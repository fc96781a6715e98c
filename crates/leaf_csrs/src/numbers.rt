// Sets of numbers that are told one by one.

ghost use Rattle.std.specs.Prelude.{◌≡◌, ℕ, ◌&&◌, ◌||◌, nat_eq, not, IfOk, OnOk};
ghost use Rattle.dom_set.specs.Elements.{is_within};
ghost use Rattle.data_goals.specs.Goals.{IsCut};
ghost use Rattle.data_bytes.specs.Sets.{IsSetOf};

use dom_set::{OutOfMemory, Set};
use leaf_stand::Spans;
use std::alloc::Global;

const NOT_ZERO: Spans = Spans {
    ranges: [(1, u32::MAX), (1, 0)],
    align: 1,
};

/// A number alone.
pub fn one(alloc: Global, value: u32) -> Result<Option<Set>, OutOfMemory>
    ensures { IfOk result (IsCut (λ v. nat_eq v value)) }
{
    let set = Spans::one(value).set(alloc)?;
    Ok(Some(set))
}

/// Every word but 0.
pub fn not_zero(alloc: Global) -> Result<Option<Set>, OutOfMemory>
    ensures { IfOk result (IsCut (λ v. not (nat_eq v 0))) }
{
    let set = NOT_ZERO.set(alloc)?;
    Ok(Some(set))
}

/// Appends a number as a range, where it is wanted.
pub fn push_one(pairs: &mut Vec<(u32, u32)>, number: u32, wanted: bool) -> Result<(), OutOfMemory>
    ensures { OnOk result ((v : ℕ) → is_within pairs.new.items v ≡ (is_within pairs.old.items v || (nat_eq number v && wanted))) }
{
    if wanted {
        pairs.push((number, number))?;
    }
    Ok(())
}

/// The numbers in ranges.
pub fn set_of(alloc: Global, pairs: &[(u32, u32)]) -> Result<Set, OutOfMemory>
    ensures { IfOk result (IsSetOf (is_within pairs.now)) }
{
    Set::from_ranges(alloc, pairs, 1)
}
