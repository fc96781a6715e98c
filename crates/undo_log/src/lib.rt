//! A log of what changes replaced, which gives the later entries back, last first.
#![tactic(auto)]

mod error;
mod log;

pub use error::OutOfMemory;
pub use log::Log;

□ □ □

Search the listing for the string "ghost". Copy each line where it turns up.

## RESPONSE
ghost use Rattle.std.specs.Prelude.{◌≡◌, ℕ, ◌&&◌, ◌||◌, nat_eq, not, IfOk, OnOk};
ghost use Rattle.dom_set.specs.Elements.{is_within};
ghost use Rattle.data_goals.specs.Goals.{IsCut};
ghost use Rattle.data_bytes.specs.Sets.{IsSetOf};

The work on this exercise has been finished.